Less is More: Why Use Retrieval Instead of Larger Context Windows

Post Details

Company

Pinecone

Date Published

July 20, 2023

Author

Amnon Catav

Word Count

1,052

Language

English

Hacker News Points

-

Source URL

www.pinecone.io/blog/why-use-retrieval-instead-of-larger-context

Summary

Large Language Models (LLMs) have recently seen interest in expanding context windows, with companies like Anthropic and OpenAI releasing models with larger capacities, yet studies show that increasing context size can lead to decreased accuracy and higher computation costs. Research, including a Stanford paper titled "Lost in the Middle," highlights that LLMs struggle to extract relevant information from large, incoherent contexts, often leading to increased hallucination risks. Experiments demonstrate that LLMs perform better when provided with fewer, more relevant documents rather than numerous unfiltered ones.
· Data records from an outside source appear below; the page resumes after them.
// A record's payload, taken apart by its layout: each part's value, and how many children the parts tell of.
ghost use Rattle.std.specs.Prelude.{◌≡◌, ◌+◌, ◌*◌, ◌≤◌, ◌<◌, ◌⊎◌, length, get_or, map, IfSome, MatchOption};
ghost use Rattle.grammar.specs.Laid.{part_of};
ghost use Rattle.grammar.specs.Layout.{bits_in, code};
ghost use Rattle.images.specs.Images.{two_at};
ghost use Rattle.images.specs.Inner.{span_value, Gives, padded, Walks};

use grammar::layout::Part;

// A part's value, the place after it, and the children that it tells of.
#[derive(Clone, Copy)]
pub struct Got {
    pub value: usize,
    pub next: usize,
    pub children: usize,
}

// The values of all parts, zeros behind them, and the children that they tell of.
#[derive(Clone, Copy)]
pub struct Parts {
    pub children: usize,
    pub values: [usize; 6],
}

// The value of a span that runs backward.
pub const BACKWARD: usize = 131_072;

// The number of two bytes, the high one first.
pub fn number(bytes: &[u8], at: usize) -> usize
    requires { at + 1 < length bytes.now }
    ensures value { result ≡ two_at bytes.now at }
    ensures small { result ≤ 65535 }
{
    usize::from(bytes[at]) * 256 + usize::from(bytes[at + 1])
}

fn span(bytes: &[u8], at: usize) -> usize
    requires { at + 3 < length bytes.now }
    ensures { result ≡ span_value (two_at bytes.now at) (two_at bytes.now (at + 2)) }
{
    let start = number(bytes, at);
    let end = number(bytes, at + 2);
    if start <= end { start + end } else { BACKWARD }
}

// How many of its three parts a slice's byte has.
pub(crate) fn bits(b: usize) -> usize
    ensures value { result ≡ bits_in b }
    ensures few { result ≤ 3 }
{
    b % 2 + (b / 2 % 2 + b / 4 % 2)
}

// The byte at a place, if it is there and below a limit.
fn byte_below(bytes: &[u8], at: usize, end: usize, limit: usize) -> Option<usize>
    requires { (at ≤ end) × (end ≤ length bytes.now) }
    ensures { MatchOption result ((end ≤ at) ⊎ ((at < end) × (limit ≤ get_or bytes.now at 0))) (λ b. (at < end) × (b ≡ get_or bytes.now at 0) × (b < limit) × (b ≤ 255)) }
{
    if end <= at {
        return None;
    }
    let b = usize::from(bytes[at]);
    if b < limit { Some(b) } else { None }
}

// A part, if the bytes from a place on have it.
fn get(bytes: &[u8], at: usize, end: usize, part: Part) -> Option<Got>
    requires { (at ≤ end) × (end ≤ length bytes.now) }
    ensures { Gives bytes.now at end (code (part_of part)) result }
{
    let left = end - at;
    let (size, value, children) = match part {
        Part::Span => {
            if left < 4 {
                return None;
            }
            (4, span(bytes, at), 0)
        }
        Part::Text => (left, left, 0),
        Part::Count => {
            if left < 2 {
                return None;
            }
            let n = number(bytes, at);
            (2, n, n)
        }
        Part::Has => {
            let b = byte_below(bytes, at, end, 2)?;
            (1, b, b)
        }
        Part::Bits => {
            let b = byte_below(bytes, at, end, 8)?;
            (1, b, bits(b))
        }
        Part::Below(limit) => (1, byte_below(bytes, at, end, usize::from(limit))?, 0),
    };
    Some(Got {
        value,
        next: at + size,
        children,
    })
}

// All the parts of a payload, if it has them and nothing else.
pub(crate) fn taken(bytes: &[u8], from: usize, end: usize, parts: &[Part]) -> Option<Parts>
    requires { (from ≤ end) × (end ≤ length bytes.now) × (length parts.now ≤ 6) }
    ensures walk { Walks bytes.now from end (padded (map part_of parts.now)) result }
    ensures few { IfSome result (λ p. p.children ≤ 393210) }
{
    let mut values = [0; 6];
    let mut at = from;
    let mut children = 0;
    for (i, part) in parts.iter().enumerate() {
        let got = get(bytes, at, end, *part)?;
        values[i] = got.value;
        children += got.children;
        at = got.next;
    }
    (at == end).then_some(Parts { children, values })
}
Retrieval systems, which have been optimized over decades, offer a more efficient solution by providing focused, relevant contexts through a method known as Retrieval Augmented Generation (RAG). This approach improves accuracy and reduces costs compared to using large context windows, even when handling single extensive documents. Hence, retrieval systems are crucial for enhancing model accuracy and efficiency, translating to lower operating costs and reduced hallucination risks in generative AI applications.